If we want to achieve higher availability by reducing downtime when SQL Server is restarted, failover process initiated or when a database backup is restored, using the smallest yet appropriate sized data type for your columns is just one of many ways to do it. Because we’re reducing the amount of transaction log records generated, the REDO and UNDO phases of the recovery process will definitely run faster (not to mention the amount of log records sent to the mirror/secondary replica will also be reduced.) What I really like about this approach is the fact that doing so also improves your query performance.

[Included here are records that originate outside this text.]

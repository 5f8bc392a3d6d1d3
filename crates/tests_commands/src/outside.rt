//! Each call of the outside failing, by itself or together with the put of the text.
use crate::reports::{
    CART_END, CART_GET, CART_PLAN, CART_TIMEOUT, CART_TIMEOUT_PLAN, CART_TOTAL, HEADER, PRICE_END,
    PRICE_GET, PRICE_PLAN,
};
use crate::running::{BEFORE, carried_out};
use crate::texts::{CART, CART_FAULTS, CART_TEST, FAULTS, FMT, PRICE, PRICE_TEST, TEST};
use std::alloc::{AllocError, Global};
use std::test::Fail;

/// Calls of a command that fail, and what it tells and leaves.
struct Failing {
    /// The numbers of the calls of the files, each with how many of its bytes an append adds.
    calls: &'static [(u64, u64)],
    put_fails: bool,
    code: u8,
    text: &'static str,
    report: &'static [&'static str],
}

impl Failing {
    fn ends_so(
        &self,
        alloc: Global,
        words: &[&[&str]],
        sources: &[&[u8]],
    ) -> Result<bool, AllocError> {
        let done = carried_out(alloc, words, sources, self.calls, self.put_fails)?;
        Ok(done.tells(self.code, self.text) && done.leaves(self.report))
    }
}

const WRITE_FAULT: &str = "write fault\n";

/// Of a test without faults: two loads, a create and four appends.
const OF_A_TEST: &[Failing] = &[
    Failing {
        calls: &[(1, 0)],
        put_fails: false,
        code: 4,
        text: "read fault services\n",
        report: &[BEFORE],
    },
    Failing {
        calls: &[(2, 0)],
        put_fails: false,
        code: 4,
        text: "read fault test\n",
        report: &[BEFORE],
    },
    Failing {
        calls: &[(3, 0)],
        put_fails: false,
        code: 5,
        text: WRITE_FAULT,
        report: &[BEFORE],
    },
    Failing {
        calls: &[(4, 0)],
        put_fails: false,
        code: 5,
        text: WRITE_FAULT,
        report: &[],
    },
    Failing {
        calls: &[(5, 0)],
        put_fails: false,
        code: 5,
        text: WRITE_FAULT,
        report: &[HEADER],
    },
    Failing {
        calls: &[(6, 0)],
        put_fails: false,
        code: 5,
        text: WRITE_FAULT,
        report: &[HEADER, PRICE_GET],
    },
    Failing {
        calls: &[(7, 0)],
        put_fails: false,
        code: 5,
        text: WRITE_FAULT,
        report: &[HEADER, PRICE_GET, PRICE_PLAN],
    },
    Failing {
        calls: &[(8, 0)],
        put_fails: false,
        code: 0,
        text: "completed plans 1 run 1 pruned 0 failed 0 invs 1\n",
        report: &[HEADER, PRICE_GET, PRICE_PLAN, PRICE_END],
    },
    Failing {
        calls: &[],
        put_fails: true,
        code: 5,
        text: "",
        report: &[HEADER, PRICE_GET, PRICE_PLAN, PRICE_END],
    },
    Failing {
        calls: &[(3, 0)],
        put_fails: true,
        code: 5,
        text: "",
        report: &[BEFORE],
    },
];

/// Of a campaign: three loads, a create and seven appends.
const OF_A_CAMPAIGN: &[Failing] = &[
    Failing {
        calls: &[(1, 0)],
        put_fails: false,
        code: 4,
        text: "read fault services\n",
        report: &[BEFORE],
    },
    Failing {
        calls: &[(2, 0)],
        put_fails: false,
        code: 4,
        text: "read fault test\n",
        report: &[BEFORE],
    },
    Failing {
        calls: &[(3, 0)],
        put_fails: false,
        code: 4,
        text: "read fault faults\n",
        report: &[BEFORE],
    },
    Failing {
        calls: &[(4, 0)],
        put_fails: false,
        code: 5,
        text: WRITE_FAULT,
        report: &[BEFORE],
    },
    Failing {
        calls: &[(5, 0)],
        put_fails: false,
        code: 5,
        text: WRITE_FAULT,
        report: &[],
    },
    Failing {
        calls: &[(6, 0)],
        put_fails: false,
        code: 5,
        text: WRITE_FAULT,
        report: &[HEADER],
    },
    Failing {
        calls: &[(7, 0)],
        put_fails: false,
        code: 5,
        text: WRITE_FAULT,
        report: &[HEADER, CART_TOTAL],
    },
    Failing {
        calls: &[(8, 0)],
        put_fails: false,
        code: 5,
        text: WRITE_FAULT,
        report: &[HEADER, CART_TOTAL, CART_GET],
    },
    Failing {
        calls: &[(9, 0)],
        put_fails: false,
        code: 5,
        text: WRITE_FAULT,
        report: &[HEADER, CART_TOTAL, CART_GET, CART_PLAN],
    },
    Failing {
        calls: &[(10, 0)],
        put_fails: false,
        code: 5,
        text: WRITE_FAULT,
        report: &[HEADER, CART_TOTAL, CART_GET, CART_PLAN, CART_TIMEOUT],
    },
    Failing {
        calls: &[(11, 0)],
        put_fails: false,
        code: 5,
        text: WRITE_FAULT,
        report: &[
            HEADER,
            CART_TOTAL,
            CART_GET,
            CART_PLAN,
            CART_TIMEOUT,
            CART_TIMEOUT_PLAN,
        ],
    },
    Failing {
        calls: &[(12, 0)],
        put_fails: false,
        code: 0,
        text: "completed plans 2 run 2 pruned 0 failed 0 invs 3\n",
        report: &[
            HEADER,
            CART_TOTAL,
            CART_GET,
            CART_PLAN,
            CART_TIMEOUT,
            CART_TIMEOUT_PLAN,
            CART_END,
        ],
    },
    // A part of the line is added, of the first of two numbers, or all of it.
    Failing {
        calls: &[(7, 10)],
        put_fails: false,
        code: 5,
        text: WRITE_FAULT,
        report: &[HEADER, CART_TOTAL, r#"{"args":[2"#],
    },
    Failing {
        calls: &[(7, 10), (7, 3)],
        put_fails: false,
        code: 5,
        text: WRITE_FAULT,
        report: &[HEADER, CART_TOTAL, r#"{"args":[2"#],
    },
    Failing {
        calls: &[(11, 1000)],
        put_fails: false,
        code: 5,
        text: WRITE_FAULT,
        report: &[
            HEADER,
            CART_TOTAL,
            CART_GET,
            CART_PLAN,
            CART_TIMEOUT,
            CART_TIMEOUT_PLAN,
            CART_END,
        ],
    },
    Failing {
        calls: &[],
        put_fails: true,
        code: 5,
        text: "",
        report: &[
            HEADER,
            CART_TOTAL,
            CART_GET,
            CART_PLAN,
            CART_TIMEOUT,
            CART_TIMEOUT_PLAN,
            CART_END,
        ],
    },
    Failing {
        calls: &[(3, 10)],
        put_fails: true,
        code: 5,
        text: "",
        report: &[BEFORE],
    },
    Failing {
        calls: &[(4, 10)],
        put_fails: true,
        code: 5,
        text: "",
        report: &[BEFORE],
    },
    Failing {
        calls: &[(7, 0)],
        put_fails: true,
        code: 5,
        text: "",
        report: &[HEADER, CART_TOTAL],
    },
    Failing {
        calls: &[(7, 10)],
        put_fails: true,
        code: 5,
        text: "",
        report: &[HEADER, CART_TOTAL, r#"{"args":[2"#],
    },
];

#[test]
fn a_call_of_a_test_fails(rt: HostRuntime) -> Result<(), Fail> {
    for failing in OF_A_TEST {
        assert!(rt; failing.ends_so(rt.alloc(), &[TEST], &[PRICE, PRICE_TEST])?);
    }
    for failing in OF_A_CAMPAIGN {
        let sources = [CART, CART_TEST, CART_FAULTS];
        assert!(rt; failing.ends_so(rt.alloc(), &[TEST, FAULTS], &sources)?);
    }
    Ok(())
}

/// Services to be printed, or none, and the one load and the put failing.
const FORMATTED: &[(&[&[u8]], Failing)] = &[
    (
        &[],
        Failing {
            calls: &[],
            put_fails: false,
            code: 4,
            text: "read fault services\n",
            report: &[BEFORE],
        },
    ),
    (
        &[PRICE],
        Failing {
            calls: &[(1, 0)],
            put_fails: false,
            code: 4,
            text: "read fault services\n",
            report: &[BEFORE],
        },
    ),
    (
        &[PRICE],
        Failing {
            calls: &[],
            put_fails: true,
            code: 5,
            text: "",
            report: &[BEFORE],
        },
    ),
    (
        &[PRICE],
        Failing {
            calls: &[(1, 0)],
            put_fails: true,
            code: 5,
            text: "",
            report: &[BEFORE],
        },
    ),
    (
        &[b""],
        Failing {
            calls: &[],
            put_fails: true,
            code: 5,
            text: "",
            report: &[BEFORE],
        },
    ),
];

#[test]
fn a_call_of_fmt_fails(rt: HostRuntime) -> Result<(), Fail> {
    for (sources, failing) in FORMATTED {
        assert!(rt; failing.ends_so(rt.alloc(), &[FMT], sources)?);
    }
    Ok(())
}

const REPLAYED: &str = "1.1 cart.total ok 5\n1.1/1.1 price.get fault timeout\noutcome passed\n";

/// Of a replay: two loads.
const OF_A_REPLAY: &[Failing] = &[
    Failing {
        calls: &[(1, 0)],
        put_fails: false,
        code: 4,
        text: "read fault services\n",
        report: &[BEFORE],
    },
    Failing {
        calls: &[(2, 0)],
        put_fails: false,
        code: 4,
        text: "read fault test\n",
        report: &[BEFORE],
    },
    Failing {
        calls: &[(3, 0)],
        put_fails: false,
        code: 0,
        text: REPLAYED,
        report: &[BEFORE],
    },
    Failing {
        calls: &[],
        put_fails: true,
        code: 5,
        text: "",
        report: &[BEFORE],
    },
    Failing {
        calls: &[(2, 0)],
        put_fails: true,
        code: 5,
        text: "",
        report: &[BEFORE],
    },
];

#[test]
fn a_call_of_a_replay_fails(rt: HostRuntime) -> Result<(), Fail> {
    let words: &[&str] = &[
        "replay",
        "--services=s.fb",
        "--test=t.fb",
        "--plan=1.1/1.1=timeout",
    ];
    for failing in OF_A_REPLAY {
        assert!(rt; failing.ends_so(rt.alloc(), &[words], &[CART, CART_TEST])?);
    }
    Ok(())
}
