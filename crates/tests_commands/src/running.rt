//! Commands over files in memory, and what they told and left.
use fb_cli::run;
use fb_files::{MemoryFiles, MemorySink};
use std::alloc::{AllocError, Global};
use std::str;

pub(crate) const USAGE: &str = "usage: filibuster test, check, replay, fmt or trial\n";

/// What the report's file holds before each command.
pub(crate) const BEFORE: &str = "as before\n";

/// The names of the services, the test and the faults.
const NAMES: [&str; 3] = ["s.fb", "t.fb", "f.toml"];

/// A command, and what it tells and leaves.
pub(crate) struct Case {
    /// Its words, in pieces.
    pub(crate) words: &'static [&'static [&'static str]],
    /// What the services, the test and the faults hold; the last ones may be missing.
    pub(crate) sources: &'static [&'static [u8]],
    pub(crate) code: u8,
    pub(crate) text: &'static str,
    /// What the report's file holds afterwards, in pieces.
    pub(crate) report: &'static [&'static str],
}

/// What a command did: its exit code, what it sent, what the report's file holds, and how many files it loaded.
#[derive(Drop)]
pub(crate) struct Done {
    code: u8,
    sent: Vec<u8>,
    report: Vec<u8>,
    pub(crate) loads: usize,
    is_put_once: bool,
}

impl Done {
    /// It ended with this code and text. Each status has a text of its own.
    pub(crate) fn tells(&self, code: u8, text: &str) -> bool {
        self.is_put_once && self.code == code && self.sent.as_slice() == text.as_bytes()
    }

    /// What the report's file holds, where that is text.
    pub(crate) fn report(&self) -> &str {
        str::from_utf8(&self.report).unwrap_or("")
    }

    /// The report's file holds these texts, one behind another.
    pub(crate) fn leaves(&self, report: &[&str]) -> bool {
        is_joined(&self.report, report)
    }
}

fn is_joined(bytes: &[u8], texts: &[&str]) -> bool {
    let mut left = bytes;
    for text in texts {
        match left.strip_prefix(text.as_bytes()) {
            Some(rest) => left = rest,
            None => return false,
        }
    }
    left.is_empty()
}

fn strings(alloc: Global, words: &[&[&str]]) -> Result<Vec<String>, AllocError> {
    let mut all = Vec::new(alloc);
    for piece in words {
        for word in *piece {
            all.push(String::from_str(alloc, word)?)?;
        }
    }
    Ok(all)
}

fn joined(alloc: Global, texts: &[&str]) -> Result<Vec<u8>, AllocError> {
    let mut bytes = Vec::new(alloc);
    for text in texts {
        bytes.extend_from_slice(text.as_bytes())?;
    }
    Ok(bytes)
}

fn files_of(
    alloc: Global,
    sources: &[&[u8]],
    report: Vec<u8>,
) -> Result<Vec<(String, Vec<u8>)>, AllocError> {
    let mut files = Vec::new(alloc);
    for (name, content) in NAMES.iter().zip(sources) {
        let content = Vec::from_slice(alloc, content)?;
        files.push((String::from_str(alloc, name)?, content))?;
    }
    files.push((String::from_str(alloc, "r.jsonl")?, report))?;
    Ok(files)
}

/// The puts that fail: always the second, so that a command that made two would be seen.
fn failing_puts(alloc: Global, first: bool) -> Result<Vec<u64>, AllocError> {
    let mut all = Vec::new(alloc);
    all.push(2)?;
    if first {
        all.push(1)?;
    }
    Ok(all)
}

// Apart from its callers, so that they needn't know what a command ensures.
fn code_of(alloc: Global, words: &[String], files: &mut MemoryFiles, out: &mut MemorySink) -> u8 {
    run(alloc, words, files, out).code()
}

/// Runs a command over files, of which that of the report holds these texts. Calls of the files fail as planned, an append after
/// it added some bytes; so may the put.
pub(crate) fn carried_out_over(
    alloc: Global,
    words: &[&[&str]],
    sources: &[&[u8]],
    report: &[&str],
    fails: &[(u64, u64)],
    put_fails: bool,
) -> Result<Done, AllocError> {
    let fails = Vec::from_slice(alloc, fails)?;
    let held = files_of(alloc, sources, joined(alloc, report)?)?;
    let mut files = MemoryFiles::new_partial(alloc, held, fails)?;
    let mut out = MemorySink::new(alloc, failing_puts(alloc, put_fails)?)?;
    let code = code_of(alloc, &strings(alloc, words)?, &mut files, &mut out);
    Ok(Done {
        code,
        sent: Vec::from_slice(alloc, out.sent())?,
        report: Vec::from_slice(alloc, files.content("r.jsonl").unwrap_or(b""))?,
        loads: files.asked().len(),
        is_put_once: out.faults() == u64::from(put_fails),
    })
}

/// Runs a command over files, of which that of the report is as before each command.
pub(crate) fn carried_out(
    alloc: Global,
    words: &[&[&str]],
    sources: &[&[u8]],
    fails: &[(u64, u64)],
    put_fails: bool,
) -> Result<Done, AllocError> {
    carried_out_over(alloc, words, sources, &[BEFORE], fails, put_fails)
}

/// The command tells and leaves what the case says.
pub(crate) fn ends_so(alloc: Global, case: &Case) -> Result<bool, AllocError> {
    let done = carried_out(alloc, case.words, case.sources, &[], false)?;
    Ok(done.tells(case.code, case.text) && done.leaves(case.report))
}

/// The command is refused with this text, and leaves the report's file as it was.
pub(crate) fn is_refused(
    alloc: Global,
    words: &[&[&str]],
    sources: &[&[u8]],
    text: &str,
) -> Result<bool, AllocError> {
    let done = carried_out(alloc, words, sources, &[], false)?;
    Ok(done.tells(3, text) && done.leaves(&[BEFORE]))
}

/// The words say no job, so that nothing is loaded.
pub(crate) fn is_usage(alloc: Global, words: &[&[&str]]) -> Result<bool, AllocError> {
    let done = carried_out(alloc, words, &[], &[], false)?;
    Ok(done.tells(2, USAGE) && done.leaves(&[BEFORE]) && done.loads == 0)
}
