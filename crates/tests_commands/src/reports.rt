//! Lines of reports.

pub(crate) const HEADER: &str = r#"{"fuel":100000,"kind":"header","reduction":true,"version":1}
"#;

/// Of a campaign without reduction.
pub(crate) const NO_REDUCTION_HEADER: &str =
    r#"{"fuel":100000,"kind":"header","reduction":false,"version":1}
"#;

pub(crate) const PRICE_GET: &str =
    r#"{"args":[2],"calls":[],"id":0,"kind":"inv","method":"price.get","plan":0,"reply":{"ok":20},"steps":1}
"#;

pub(crate) const PRICE_PLAN: &str =
    r#"{"code":null,"id":0,"index":null,"kind":"plan","outcome":"passed","parent":null,"run":true,"uses":[0]}
"#;

pub(crate) const PRICE_END: &str =
    r#"{"cause":"completed","failed":0,"invs":1,"kind":"end","plans":1,"pruned":0,"run":1,"stopped":null}
"#;

pub(crate) const CART_TOTAL: &str =
    r#"{"args":[2],"calls":[{"args":[2],"callee":"price.get","count":1,"reply":{"ok":20},"site":1}],"id":0,"kind":"inv","method":"cart.total","plan":0,"reply":{"ok":20},"steps":3}
"#;

pub(crate) const CART_GET: &str =
    r#"{"args":[2],"calls":[],"id":1,"kind":"inv","method":"price.get","plan":0,"reply":{"ok":20},"steps":1}
"#;

pub(crate) const CART_PLAN: &str =
    r#"{"code":null,"id":0,"index":null,"kind":"plan","outcome":"passed","parent":null,"run":true,"uses":[0,1]}
"#;

pub(crate) const CART_TIMEOUT: &str =
    r#"{"args":[2],"calls":[{"args":[2],"callee":"price.get","count":1,"reply":{"err":"timeout"},"site":1}],"id":2,"kind":"inv","method":"cart.total","plan":1,"reply":{"ok":5},"steps":4}
"#;

pub(crate) const CART_TIMEOUT_PLAN: &str =
    r#"{"code":"timeout","id":1,"index":"1.1/1.1","kind":"plan","outcome":"passed","parent":0,"run":true,"uses":[2]}
"#;

pub(crate) const CART_END: &str =
    r#"{"cause":"completed","failed":0,"invs":3,"kind":"end","plans":2,"pruned":0,"run":2,"stopped":null}
"#;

Please note: I reserve the right to delete comments that are offensive or off-topic.

Leave a Reply

Your email address will not be published. Required fields are marked *

2 thoughts on “Data Types and How They Affect HA/DR

  1. Hi Edwin,

    Thank you for the post !

    I had difficulty in understanding why do people use GUID when it causes performance issues. fragmentation (when generated in random ), increased size of non-clustered index, etc. Some time back we had to put in place index rebuild job with changed fill factor and had to run it at least once during business hours to deal with performance issues caused by high fragmentation.

    Recently I got to know Dynamic CRM (DCRM) uses GUID so heavily. If it was so bad, Microsoft could have changed it with some thing else. Appreciate your inputs in understanding what are the situations when GUID has be leveraged.

    Thank you for your time. Thank you.

    Br,
    Anil Kumar
    SQL DBA

    • Hi Anil,

      Thanks for the comment. There are a lot of products that use GUID so heavily. There is nothing wrong with GUIDs at all. What’s wrong is how they are used. In most software development teams, you would rarely see someone who has a good understanding of the underlying database platform. Plus, in an environment where release cycles are more concerned about functionality than S.P.A. (security, performance and availability) the developers are forced into making the functionality work as a priority. GUIDs are used as a PRIMARY KEY because they provide uniqueness, especially in a distributed or disconnected-type applications. In distributed or disconnected-type applications, you cannot easily guarantee if a record can be considered unique unless you use something that can at least provide that uniqueness. Hence, why GUIDs are used as PRIMARY KEYS. Unfortunately, by default, PRIMARY KEYS in SQL Server are automatically created as clustered indexes. What is not commonly mentioned is the fact that you can create a PRIMARY KEY that is not necessarily a clustered index. A new column with a much smaller data type can be used as a PRIMARY KEY instead to limit the impacts on S.P.A. (storage, performance and availability.)